Monday, 31 July 2017


“Odours have a power of persuasion stronger than that of words, appearances, emotions, or will. The persuasive power of an odour cannot be fended off, it enters into us like breath into our lungs, it fills us up, imbues us totally. There is no remedy for it.” ― Patrick Süskind 

Shesmu (alternatively Schesmu and Shezmu) is an Ancient Egyptian deity with a contradictory character. He was worshipped from the early Old Kingdom period. Shesmu was seldom depicted but when he was, he appeared as a man with a lion’s head holding a butcher’s knife. In later times he appeared as a lion. If only his name was mentioned it often appeared with the determinative of an oil press, and sometimes only the oil press was depicted.

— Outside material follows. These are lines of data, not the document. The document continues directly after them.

const STATE_OF_PUT: &[u8] =
    b"\x01\0\0\0\0\0\0\0\x34\x03\0\0\0\0\0\0\0\x01\0\0\0\0\0\0\0\x02\0\0\0\0\0\0\0\x01\x01\0\0\0\0\0\0\0\x01a\0\0\0\0\0\0\0\x01b\0\0\0\0\0\0\0\0";

// The same of the second term and its entry without effect, behind the put.
const LOG_OF_SECOND: &[u8] =
    b"\x01\0\0\0\0\0\0\0\x22\x01\0\0\0\0\0\0\0\x01\0\0\0\0\0\0\0\x03\0\0\0\0\0\0\0\x02\0\0\0\0\0\0\x03\xe8\0";

const META_OF_SECOND: &[u8] =
    b"\x01\0\0\0\0\0\0\0\x15\0\0\0\0\0\0\0\x02\x01\0\0\0\x01\0\0\0\0\0\0\0\x02";

const STATE_OF_SECOND: &[u8] =
    b"\x01\0\0\0\0\0\0\0\x32\x03\0\0\0\0\0\0\0\x01\0\0\0\0\0\0\0\x03\0\0\0\0\0\0\0\x02\0\0\0\0\0\0\0\0\0\0\0\0\0\0\0\0\0\0\0\0\0\0\0\0\0";
// The put's region with its gate closed.
const LOG_OF_CLOSED_PUT: &[u8] =
    b"\0\0\0\0\0\0\0\0\x35\x01\0\0\0\0\0\0\0\x01\0\0\0\0\0\0\0\x02\0\0\0\0\0\0\0\x01\0\0\0\0\0\0\x03\xe8\x01\0\0\0\0\0\0\0\x01a\0\0\0\0\0\0\0\x01b\0";
// A log of two entries: a put of a = b with a time to live of 1, and a delete of a.
const LOG_WITH_TTL: &[u8] =
    b"\x01\0\0\0\0\0\0\0\x5f\x01\0\0\0\0\0\0\0\x02\0\0\0\0\0\0\0\x01\0\0\0\0\0\0\0\x01\0\0\0\0\0\0\x03\xe8\x01\0\0\0\0\0\0\0\x01a\0\0\0\0\0\0\0\x01b\x01\0\0\0\0\0\0\0\x01\0\0\0\0\0\0\0\x02\0\0\0\0\0\0\0\x01\0\0\0\0\0\0\x03\xe8\x02\0\0\0\0\0\0\0\x01a";
// The put of the empty value.
const LOG_OF_EMPTY: &[u8] =
    b"\x01\0\0\0\0\0\0\0\x34\x01\0\0\0\0\0\0\0\x01\0\0\0\0\0\0\0\x02\0\0\0\0\0\0\0\x01\0\0\0\0\0\0\x03\xe8\x01\0\0\0\0\0\0\0\x01a\0\0\0\0\0\0\0\0\0";

const STATE_OF_EMPTY: &[u8] =
    b"\x01\0\0\0\0\0\0\0\x33\x03\0\0\0\0\0\0\0\x01\0\0\0\0\0\0\0\x02\0\0\0\0\0\0\0\x01\x01\0\0\0\0\0\0\0\x01a\0\0\0\0\0\0\0\0\0\0\0\0\0\0\0\0";

pub(crate) const LOG: Place = Place {
    family: Family::Log,
    part: Part::A,
};

pub(crate) const STATE: Place = Place {
    family: Family::State,
    part: Part::A,
};

// How a run ends.
#[derive(Clone, Copy, PartialEq, Eq)]
pub(crate) enum Ending {
    Well,
    LinkFault,
    StorageIoError,
    FeatureNotEnabled,
    ProposeFailed,
    Otherwise,
}

// The hard state behind the first opening of a folder, and behind the second.
const FIRST: Turn = Turn {
    regions: &[META],
    ..IN_B
};

const SECOND: Turn = Turn {
    regions: &[META_OF_SECOND],
    ..IN_A
};

// The regions in the slots a of log and state, and the files of the hard state.
#[derive(Clone, Copy)]
struct Files {
    log: Pieces,
    meta: Turn,
    state: Pieces,
}

// Those of the opening alone, and of the opening and the put.
const OPENING: Files = Files {
    log: &[LOG_OF_NOOP],
    meta: FIRST,
    state: &[STATE_OF_NOOP],
};

const WITH_PUT: Files = Files {
    log: &[LOG_OF_NOOP, LOG_OF_PUT],
    meta: FIRST,
    state: &[STATE_OF_NOOP, STATE_OF_PUT],
};

pub(crate) fn ending_of(answer: &Result<(), Error>) -> Ending {
    match answer {
        Ok(()) => Ending::Well,
        Err(Error::LinkFault) => Ending::LinkFault,
        Err(Error::StorageIoError) => Ending::StorageIoError,
        Err(Error::FeatureNotEnabled) => Ending::FeatureNotEnabled,
        Err(Error::ProposeFailed) => Ending::ProposeFailed,
        Err(_) => Ending::Otherwise,
    }
}

pub(crate) fn run_by<D: Disk, L: Link, C: Clock>(
    alloc: Global,
    disk: &mut D,
    link: &mut L,
    clock: &mut C,
    config: &SoloConfig,
) -> Ending {
    let answer = StandaloneEngine::run(alloc, disk, link, clock, config);
    ending_of(&answer)
}

// A run with the default configuration and a clock that stands at 1000.
pub(crate) fn run<D: Disk, L: Link>(
    alloc: Global,
    disk: &mut D,
    link: &mut L,
) -> Result<Ending, Fail> {
    let config = RaftNodeConfig::standard(alloc)?.solo()?;
    let mut clock = ListClock::steps(1000, 0);
    Ok(run_by(alloc, disk, link, &mut clock, &config))
}

pub(crate) fn link_of(alloc: Global, pieces: Pieces, cuts: &[usize]) -> Result<MemLink, Fail> {
    let mut input = Vec::new(alloc);
    for piece in pieces {
        input.extend_from_slice(piece)?;
    }
    Ok(MemLink::new(alloc, input, cuts.to_vec(alloc)?))
}

pub(crate) fn is_joined(bytes: &[u8], pieces: Pieces) -> bool {
    matches!(behind(bytes, pieces), Some(rest) if rest.is_empty())
}

// Whether no file of the hard state has a byte.
fn has_no_hard_state(disk: &MemDisk) -> bool {
    file(disk, Family::Meta, Part::Head).is_empty()
        && file(disk, Family::Meta, Part::A).is_empty()
        && file(disk, Family::Meta, Part::B).is_empty()
}

// Whether the seven files beside those of the hard state and the slots a of log and state are empty: neither log nor state
// was written anew.
fn others_are_empty(disk: &MemDisk) -> bool {
    let mut all = file(disk, Family::Snapshot, Part::A).is_empty();
    for family in [Family::Log, Family::State, Family::Snapshot] {
        for part in [Part::Head, Part::B] {
            all = all && file(disk, family, part).is_empty();
        }
    }
    all
}

// Whether the files are these.
fn holds(disk: &MemDisk, files: Files) -> bool {
    is_slot(disk.get(LOG), files.log)
        && holds_turn(disk, Family::Meta, files.meta)
        && is_slot(disk.get(STATE), files.state)
        && others_are_empty(disk)
}

// Whether the log's slot a has these bytes, and the other eleven files none.
fn holds_alone(disk: &MemDisk, log: &[u8]) -> bool {
    disk.get(LOG) == log
        && has_no_hard_state(disk)
        && disk.get(STATE).is_empty()
        && others_are_empty(disk)
}

// Whether a run over a link ends so and has sent this.
fn sends(
    alloc: Global,
    disk: &mut MemDisk,
    mut link: MemLink,
    ending: Ending,
    sent: Pieces,
) -> Result<bool, Fail> {
    let ended = run(alloc, disk, &mut link)?;
    Ok(ended == ending && is_joined(link.sent(), sent))
}

// Whether a run over this input ends well and has sent this.
pub(crate) fn answers(
    alloc: Global,
    disk: &mut MemDisk,
    input: Pieces,
    sent: Pieces,
) -> Result<bool, Fail> {
    let link = link_of(alloc, input, &[])?;
    sends(alloc, disk, link, Ending::Well, sent)
}

// Whether a run over no files sends this and leaves these files.
fn leaves(alloc: Global, input: Pieces, sent: Pieces, files: Files) -> Result<bool, Fail> {
    let mut disk = MemDisk::new(alloc);
    Ok(answers(alloc, &mut disk, input, sent)? && holds(&disk, files))
}

// A put and a read. What is not carried out leaves the files as the opening made them.
#[test]
fn answers_frames(rt: HostRuntime) -> Result<(), Fail> {
    let cases: [(Pieces, Pieces, Files); 3] = [
        (&[], &[], OPENING),
        (&[PUT, READ], &[WRITTEN, PAIR], WITH_PUT),
        (&[PUT_WITH_TTL, SCAN], &[NO_LEASE, NOTHING_SCANNED], OPENING),
    ];
    for (input, sent, files) in cases {
        assert!(rt; leaves(rt.alloc(), input, sent, files)?, "of {input:?}");
    }
    Ok(())
}

#[test]
fn deletes(rt: HostRuntime) -> Result<(), Fail> {
    let mut disk = MemDisk::new(rt.alloc());
    let input: Pieces = &[PUT, DELETE, READ];
    assert!(rt; answers(rt.alloc(), &mut disk, input, &[WRITTEN, WRITTEN, NO_PAIR])?);
    Ok(())
}

// Whether a put and a read over a link end so and have sent this, with the put in the files.
fn keeps_put(alloc: Global, link: MemLink, ending: Ending, sent: Pieces) -> Result<bool, Fail> {
    let mut disk = MemDisk::new(alloc);
    Ok(sends(alloc, &mut disk, link, ending, sent)? && holds(&disk, WITH_PUT))
}

// Byte by byte, with a fault behind the first frame, and with one at the first reply.
#[test]
fn serves_links(rt: HostRuntime) -> Result<(), Fail> {
    let link = link_of(rt.alloc(), &[PUT, READ], &[1; 71])?;
    assert!(rt; keeps_put(rt.alloc(), link, Ending::Well, &[WRITTEN, PAIR])?);
    let mut link = link_of(rt.alloc(), &[PUT, READ], &[])?;
    link.fail_read_after(40);
    assert!(rt; keeps_put(rt.alloc(), link, Ending::LinkFault, &[WRITTEN])?);
    let mut link = link_of(rt.alloc(), &[PUT, READ], &[])?;
    link.fail_send_after(0);
    assert!(rt; keeps_put(rt.alloc(), link, Ending::LinkFault, &[])?);
    Ok(())
}

// A disk that answers no call, and a log of a time to live.
#[test]
fn turns_away(rt: HostRuntime) -> Result<(), Fail> {
    let mut disk = MemDisk::new(rt.alloc());
    disk.fuse(0);
    let link = link_of(rt.alloc(), &[PUT, READ], &[])?;
    assert!(rt; sends(rt.alloc(), &mut disk, link, Ending::StorageIoError, &[])?);
    assert!(rt; holds_alone(&disk, b""));
    let mut disk = MemDisk::new(rt.alloc());
    disk.set(LOG, LOG_WITH_TTL)?;
    let link = link_of(rt.alloc(), &[], &[])?;
    assert!(rt; sends(rt.alloc(), &mut disk, link, Ending::FeatureNotEnabled, &[])?);
    assert!(rt; holds_alone(&disk, LOG_WITH_TTL));
    Ok(())
}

Shesmu was a god with a dual personality: On one hand, he was lord of perfume, maker of all precious oil, lord of the oil press, lord of ointments and lord of wine. He was a celebration deity, likewise to the goddess Meret. Old Kingdom texts mention a special feast celebrated for Shesmu: Young men would press grapes with their feet and then dance and sing for Shesmu.

On the other hand, Shesmu was very vindictive and bloodthirsty. He was lord of blood, great slaughterer of the gods and he who dismembers bodies. In Old Kingdom pyramid texts several prayers ask Shesmu to dismember and cook certain deities in an attempt to give the food to a deceased king. The deceased king needed the divine powers to survive the dangerous journey to the stars. However, the interpretation remains open, if the word “blood” is to be taken literally, as the Ancient Egyptians symbolically offered red wine as “the blood of the gods” to several deities. This association was based simply on the dark red colour of the wine, a circumstance that lead to connections of Shesmu with other deities who could appear in red colours. Examples include deities such as Ra, Horus and Kherty.

The violent character of Shesmu made him a protector among the companions of Ra’s nocturnal ship. Shesmu protected Ra by threatening the demons and brawling with them. In the pyramid texts he does similar things. It appears that starting with the New Kingdom Shesmu’s negative attributes became gradually overshadowed by the positive ones, although on a 21st Dynasty papyrus his wine press appears to be filled with human heads in place of grapes (a depiction which was common earlier, on Middle Kingdom Coffin Texts). Then later, on the 26th Dynasty sarcophagus of the Divine Adoratrice Ankhnesneferibre, Shesmu is recorded as a fine oil maker for the god Ra. And even later, during the Graeco-Roman period, the manufacture of the finest oils and perfumes for the gods became Shesmu’s primary role.

Shesmu’s main cult centre was located at the Fayum. Later, there were further shrines erected at Edfu and Dendera.